Material shown ->
====================

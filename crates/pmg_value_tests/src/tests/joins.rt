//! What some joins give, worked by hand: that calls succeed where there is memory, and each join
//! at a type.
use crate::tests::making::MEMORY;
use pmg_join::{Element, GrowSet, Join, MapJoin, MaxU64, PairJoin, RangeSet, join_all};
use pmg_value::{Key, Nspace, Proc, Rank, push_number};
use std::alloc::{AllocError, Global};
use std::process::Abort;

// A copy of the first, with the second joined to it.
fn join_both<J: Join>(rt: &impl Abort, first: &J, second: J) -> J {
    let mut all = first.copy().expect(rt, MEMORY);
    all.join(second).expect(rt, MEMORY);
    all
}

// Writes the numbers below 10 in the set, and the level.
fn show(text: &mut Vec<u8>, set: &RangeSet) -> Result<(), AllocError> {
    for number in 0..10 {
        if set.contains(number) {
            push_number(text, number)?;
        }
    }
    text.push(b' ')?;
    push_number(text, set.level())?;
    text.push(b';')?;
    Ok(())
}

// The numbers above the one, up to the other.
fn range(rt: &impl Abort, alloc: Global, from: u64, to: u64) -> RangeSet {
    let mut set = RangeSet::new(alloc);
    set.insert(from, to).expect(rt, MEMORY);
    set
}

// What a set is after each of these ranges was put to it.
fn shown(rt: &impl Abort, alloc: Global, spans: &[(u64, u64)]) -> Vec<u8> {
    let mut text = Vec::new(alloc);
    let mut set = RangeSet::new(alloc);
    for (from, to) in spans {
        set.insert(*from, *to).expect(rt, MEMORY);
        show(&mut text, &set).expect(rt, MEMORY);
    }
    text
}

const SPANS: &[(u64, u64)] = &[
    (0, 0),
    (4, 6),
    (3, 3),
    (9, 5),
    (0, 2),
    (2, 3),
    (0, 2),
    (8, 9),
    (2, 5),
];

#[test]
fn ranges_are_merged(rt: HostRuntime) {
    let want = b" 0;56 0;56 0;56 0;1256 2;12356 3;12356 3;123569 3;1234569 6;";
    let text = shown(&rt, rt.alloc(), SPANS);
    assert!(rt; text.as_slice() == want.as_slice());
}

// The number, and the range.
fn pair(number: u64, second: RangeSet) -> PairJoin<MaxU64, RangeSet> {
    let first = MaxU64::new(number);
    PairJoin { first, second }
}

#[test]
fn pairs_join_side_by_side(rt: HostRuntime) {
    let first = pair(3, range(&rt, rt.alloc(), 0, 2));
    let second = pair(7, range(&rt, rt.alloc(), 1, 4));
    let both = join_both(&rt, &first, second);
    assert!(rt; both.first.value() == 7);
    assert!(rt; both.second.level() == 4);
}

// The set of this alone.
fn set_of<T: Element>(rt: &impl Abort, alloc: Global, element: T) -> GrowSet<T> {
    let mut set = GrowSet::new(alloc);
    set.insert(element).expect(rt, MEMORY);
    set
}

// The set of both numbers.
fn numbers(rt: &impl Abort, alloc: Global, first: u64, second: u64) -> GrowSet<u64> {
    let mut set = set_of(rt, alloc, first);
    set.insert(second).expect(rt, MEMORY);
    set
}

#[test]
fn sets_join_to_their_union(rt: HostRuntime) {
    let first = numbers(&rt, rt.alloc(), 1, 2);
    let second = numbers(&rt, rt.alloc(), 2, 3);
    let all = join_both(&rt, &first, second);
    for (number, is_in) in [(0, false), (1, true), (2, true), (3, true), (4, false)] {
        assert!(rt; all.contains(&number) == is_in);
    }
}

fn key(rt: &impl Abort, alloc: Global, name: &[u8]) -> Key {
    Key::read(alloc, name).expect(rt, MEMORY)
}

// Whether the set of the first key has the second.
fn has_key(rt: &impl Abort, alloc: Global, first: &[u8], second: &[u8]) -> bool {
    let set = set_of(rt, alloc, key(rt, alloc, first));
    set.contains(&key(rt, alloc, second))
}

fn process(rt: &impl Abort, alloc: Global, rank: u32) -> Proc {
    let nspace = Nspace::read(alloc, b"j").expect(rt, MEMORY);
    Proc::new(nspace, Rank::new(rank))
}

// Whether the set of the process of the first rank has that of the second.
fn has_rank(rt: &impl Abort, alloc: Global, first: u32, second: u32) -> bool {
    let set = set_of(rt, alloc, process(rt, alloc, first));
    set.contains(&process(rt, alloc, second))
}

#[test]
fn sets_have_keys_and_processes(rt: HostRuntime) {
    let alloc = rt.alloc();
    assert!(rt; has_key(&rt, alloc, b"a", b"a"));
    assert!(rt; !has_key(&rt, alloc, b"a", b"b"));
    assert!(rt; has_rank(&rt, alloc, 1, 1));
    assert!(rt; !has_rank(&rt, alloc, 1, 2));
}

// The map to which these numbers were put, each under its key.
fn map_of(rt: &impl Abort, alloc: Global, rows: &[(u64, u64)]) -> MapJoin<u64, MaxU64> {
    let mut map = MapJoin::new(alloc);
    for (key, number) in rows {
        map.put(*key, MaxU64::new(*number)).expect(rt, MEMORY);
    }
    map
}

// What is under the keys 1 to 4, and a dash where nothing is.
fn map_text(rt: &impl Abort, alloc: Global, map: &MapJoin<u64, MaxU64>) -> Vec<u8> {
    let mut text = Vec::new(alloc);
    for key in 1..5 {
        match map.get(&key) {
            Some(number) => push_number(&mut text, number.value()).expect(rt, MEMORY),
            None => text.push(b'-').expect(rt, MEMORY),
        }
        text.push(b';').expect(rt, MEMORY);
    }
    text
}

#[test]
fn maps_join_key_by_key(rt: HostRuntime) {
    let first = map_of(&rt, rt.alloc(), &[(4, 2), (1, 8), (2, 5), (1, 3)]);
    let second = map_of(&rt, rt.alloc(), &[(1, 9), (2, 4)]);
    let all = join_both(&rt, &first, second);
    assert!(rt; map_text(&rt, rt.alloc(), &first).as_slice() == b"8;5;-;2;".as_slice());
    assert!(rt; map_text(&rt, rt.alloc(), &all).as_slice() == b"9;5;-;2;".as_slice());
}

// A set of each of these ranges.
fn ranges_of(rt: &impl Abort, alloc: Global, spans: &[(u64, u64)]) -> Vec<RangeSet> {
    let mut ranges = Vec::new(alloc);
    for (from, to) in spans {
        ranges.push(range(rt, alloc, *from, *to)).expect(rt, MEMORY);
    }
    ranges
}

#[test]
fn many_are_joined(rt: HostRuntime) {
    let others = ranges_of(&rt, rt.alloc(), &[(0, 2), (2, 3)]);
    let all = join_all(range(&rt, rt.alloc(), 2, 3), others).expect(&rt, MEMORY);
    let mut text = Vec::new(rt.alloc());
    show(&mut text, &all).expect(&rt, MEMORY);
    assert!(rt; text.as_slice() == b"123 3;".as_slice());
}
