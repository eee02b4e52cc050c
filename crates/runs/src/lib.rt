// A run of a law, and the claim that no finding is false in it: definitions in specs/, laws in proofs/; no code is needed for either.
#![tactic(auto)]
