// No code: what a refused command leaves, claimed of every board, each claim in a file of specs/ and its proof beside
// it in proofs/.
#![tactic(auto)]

====================

Exercise aim ->
The reply should hold only the lines of the listing above starting at the line containing "for (number, is_in)" and ending at the line containing "fn has_key(rt: &impl", exactly as written.

Response to the exercise ->
    for (number, is_in) in [(0, false), (1, true), (2, true), (3, true), (4, false)] {
        assert!(rt; all.contains(&number) == is_in);
    }
}

fn key(rt: &impl Abort, alloc: Global, name: &[u8]) -> Key {
    Key::read(alloc, name).expect(rt, MEMORY)
}

// Whether the set of the first key has the second.
fn has_key(rt: &impl Abort, alloc: Global, first: &[u8], second: &[u8]) -> bool {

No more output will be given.